Most of my funds are indexed so I rarely read an annual report. If I do it is to look at the managements forward thoughts or get a sense of how they think about their portfolio choices.

But I do occasionally own an active fund and that is were the management report is kind of interesting. Generally this is in the area of small cap international. My sell/buy decisions are not set by what I read there.
 
I do not. The reason is that I never buy an investment product that is so complicated that reading the prospectus is necessary.

For example, in researching for the investment class I teach, I downloaded the prospectus for a variable life policy. 214 pages! That is a show-stopper right there, and it also virtually guarantees that the salesperson does not understand the product that he/she is selling (beyond the lavish commissions). (Just for grins, I text-searched for the word "fee." The many hits were no real surprise.)
 
If I am investing in a fund for the first time I read the prospectus.
 
I read the first ones and a few intermittently after that, but haven't read any in years. At this very moment there is one from Vanguard sitting on the dining room table which I have every intention of reading... sometime. Eventually DW will insist that I "do something" with it and it'll go where all unread prospecti go.

If anyone has insomnia they are a great cure for that, second only to Supreme Court rulings.
 
I read parts of the prospectus and annual/semi-annual reports, depending on the fund and if I already own it versus investigating the possibility of buying into the fund for the first time.


When I was checking out different bond funds I was going to buy nearly $300k from the proceeds of my company stock 10 years ago to begin my ER, I examined it rather closely. I also look at the chart which shows per-share data by year for the last ~5 years. That chart is also shown in the annual/semi-annual report.

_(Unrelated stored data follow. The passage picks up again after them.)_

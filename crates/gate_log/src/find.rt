//! Which entries stand on a disk.
ghost use Rattle.std.specs.Prelude.{◌≡◌, ◌<◌, ◌≤◌, ◌+◌, ◌^◌, ◌↔◌, IsTrue, length, take, drop, get_or};
ghost use Rattle.std.specs.Prelude.{IfOk, IfErr, IfSome, IsErrOf};
ghost use Rattle.fleet_disk.specs.Image.{bytes_of};
ghost use Rattle.gate_log.specs.Device.{Tells};
ghost use Rattle.gate_log.specs.Faults.{IsFindFault, IsEntryFault};
ghost use Rattle.gate_log.specs.Lengths.{AreLengths, EndsWithin, IsNext, OfLengths};
ghost use Rattle.gate_log.specs.Looks.{LooksFor, LooksOn};
ghost use Rattle.gate_log.specs.Slots.{eight_bytes};
ghost use Rattle.gate_log.specs.Standing.{AreEnds, FindsDamage, FindsNone, IsOpenAt, IsSlotAt, NoSlotAt, StandsAt};
ghost use Rattle.gate_log.specs.Version.{IsOf};
ghost use Rattle.gate_log.specs.declared.fault.LogFault.TheVariants.{Damaged};

use crate::fault::LogFault;
use crate::reads::{length_of, read_full};
use crate::slots::{CLOSED, GATE_BYTES, LENGTH_BYTES, OPEN};
use crate::sums::has_sum;
use crate::version::{LogVersion, begun, empty, gates_file, slot_bytes};
use fleet_disk::{Disk, DiskFault, DiskFile};
use std::alloc::Global;

/// How long the journal and the file of the gates are, and which that is.
#[derive(Drop)]
pub struct Lengths {
    pub version: LogVersion,
    pub journal: u64,
    pub gates: u64,
}

// A gate is open.
fn gate_is_open<D: Disk>(disk: &mut D, file: DiskFile, at: u64) -> Result<bool, DiskFault>
    requires { at + 1 < 2 ^ 64 }
    ensures open { D.honest disk.old → at < length (bytes_of file (D.reads disk.old))
        → IfOk result (λ is_open. IsTrue is_open ↔ (get_or (bytes_of file (D.reads disk.old)) at 0 ≡ 1)) }
    ensures looks { LooksOn D.Disk disk.old disk.new result }
{
    let mut gate = [CLOSED; 1];
    read_full(disk, file, at, &mut gate)?;
    let [gate] = gate;
    Ok(gate == OPEN)
}

// The length behind a gate.
fn read_length<D: Disk>(disk: &mut D, file: DiskFile, at: u64) -> Result<u64, DiskFault>
    requires { at + 8 < 2 ^ 64 }
    ensures length { D.honest disk.old → at + 8 ≤ length (bytes_of file (D.reads disk.old))
        → IfOk result (λ end. take 8 (drop at (bytes_of file (D.reads disk.old))) ≡ eight_bytes end) }
    ensures looks { LooksOn D.Disk disk.old disk.new result }
{
    let mut length = [CLOSED; LENGTH_BYTES];
    read_full(disk, file, at, &mut length)?;
    Ok(u64::from_be_bytes(length))
}

// Which version a disk has. It reads and changes nothing.
pub fn find_version<D: Disk>(disk: &mut D) -> Result<LogVersion, DiskFault>
    ensures is { Tells D.Disk disk.old result IsOf }
    ensures looks { LooksOn D.Disk disk.old disk.new result }
{
    let slots = length_of(disk, DiskFile::Slots)?;
    if slots == 0 {
        return Ok(LogVersion::First);
    }
    let is_open = gate_is_open(disk, DiskFile::Slots, 0)?;
    if is_open {
        return Ok(begun(slots));
    }
    let gate = length_of(disk, DiskFile::Gate)?;
    Ok(empty(gate))
}

// The end of the entry that begins at `start` in the journal, and whose gate, at this place, is open.
fn slot_end<D: Disk>(
    alloc: Global,
    disk: &mut D,
    lengths: &Lengths,
    entry: u64,
    at: u64,
    start: u64,
) -> Result<u64, LogFault>
    requires { at < lengths.now.gates }
    ensures slot { OfLengths D.Disk disk.old lengths.now (λ image. IfOk result (λ end. IsSlotAt lengths.now.version at
        start end image)) }
    ensures bounds { IfOk result (EndsWithin lengths.now at start) }
    ensures damaged { OfLengths D.Disk disk.old lengths.now (λ image. IsErrOf result (Damaged entry) → NoSlotAt
        lengths.now.version at start image) }
    ensures no_other { IfErr result (IsEntryFault entry) }
    ensures looks { LooksFor D.Disk disk.old disk.new result }
{
    let version = lengths.version;
    if lengths.gates - at < slot_bytes(version) + GATE_BYTES {
        return Err(LogFault::Damaged(entry));
    }
    let end = read_length(disk, gates_file(version), at + GATE_BYTES)?;
    if end <= start || end > lengths.journal {
        return Err(LogFault::Damaged(entry));
    }
    let sum = at + GATE_BYTES + LENGTH_BYTES as u64;
    let is_whole = has_sum(alloc, disk, version, sum, entry, start, end)?;
    if !is_whole {
        return Err(LogFault::Damaged(entry));
    }
    Ok(end)
}

// The end of the entry that begins at `start` in the journal, where its gate, at this place, is open.
fn next_end<D: Disk>(
    alloc: Global,
    disk: &mut D,
    lengths: &Lengths,
    entry: u64,
    at: u64,
    start: u64,
) -> Result<Option<u64>, LogFault>
    requires inside { at < lengths.now.gates }
    requires room { at + 1 < 2 ^ 64 }
    ensures found { OfLengths D.Disk disk.old lengths.now (λ image. IfOk result (IsNext lengths.now.version at start image)) }
    ensures bounds { IfOk result (λ found. IfSome found (EndsWithin lengths.now at start)) }
    ensures damaged { OfLengths D.Disk disk.old lengths.now (λ image. IsErrOf result (Damaged entry) → IsOpenAt
        lengths.now.version at image × NoSlotAt lengths.now.version at start image) }
    ensures no_other { IfErr result (IsEntryFault entry) }
    ensures looks { LooksFor D.Disk disk.old disk.new result }
{
    let is_open = gate_is_open(disk, gates_file(lengths.version), at)?;
    if !is_open {
        return Ok(None);
    }
    match slot_end(alloc, disk, lengths, entry, at, start) {
        Ok(end) => Ok(Some(end)),
        Err(fault) => Err(fault),
    }
}

// Where the entries that stand end; their number's worth of slots is in the file of the gates. It reads and changes
// nothing.
pub fn find_ends<D: Disk>(
    alloc: Global,
    disk: &mut D,
    lengths: &Lengths,
) -> Result<Vec<u64>, LogFault>
    requires lengths { D.honest disk.old → AreLengths lengths.now (D.reads disk.old) }
    requires is { D.honest disk.old → IsOf lengths.now.version (D.reads disk.old) }
    ensures stands { Tells D.Disk disk.old result (λ ends. StandsAt lengths.now.version ends.items) }
    ensures ends { IfOk result (λ ends. AreEnds lengths.now.version ends.items) }
    ensures damaged { FindsDamage D.Disk disk.old result }
    ensures missing { FindsNone D.Disk disk.old result }
    ensures no_other { IfErr result IsFindFault }
    ensures looks { LooksFor D.Disk disk.old disk.new result }
{
    let Lengths { gates, .. } = *lengths;
    let mut ends = Vec::new(alloc);
    let mut last = 0;
    let mut at = 0;
    while at < gates {
        let entry = ends.len() as u64;
        let found = match next_end(alloc, disk, lengths, entry, at, last) {
            Ok(found) => found,
            Err(fault) => return Err(fault),
        };
        let Some(end) = found else {
            break;
        };
        ends.push(end)?;
        last = end;
        at += slot_bytes(lengths.version);
    }
    if ends.is_empty() {
        return Err(LogFault::NoRepository);
    }
    Ok(ends)
}

// How long the journal and the file of the gates are.
pub fn lengths_of<D: Disk>(disk: &mut D, version: LogVersion) -> Result<Lengths, DiskFault>
    ensures version { IfOk result (λ lengths. lengths.version ≡ version) }
    ensures lengths { Tells D.Disk disk.old result AreLengths }
    ensures looks { LooksOn D.Disk disk.old disk.new result }
{
    let journal = length_of(disk, DiskFile::Journal)?;
    let gates = length_of(disk, gates_file(version))?;
    Ok(Lengths {
        version,
        journal,
        gates,
    })
}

For existing funds I own, I read the interview with the fund manager for that (big) bond fund. I also look for any carryover loss in the fund's latest income statement. This will tell me if there are negative losses which will offset cap gains and reduce or eliminate cap gain distributions. This as the case in the first few years following the 2001-2002 market downturns. I often had trouble remembering where to find this data, as it was usually buried in a footnote. In the pdf version on line, I'd do a quick search for "carryover" or "carry forward" and it would appear, if there was one.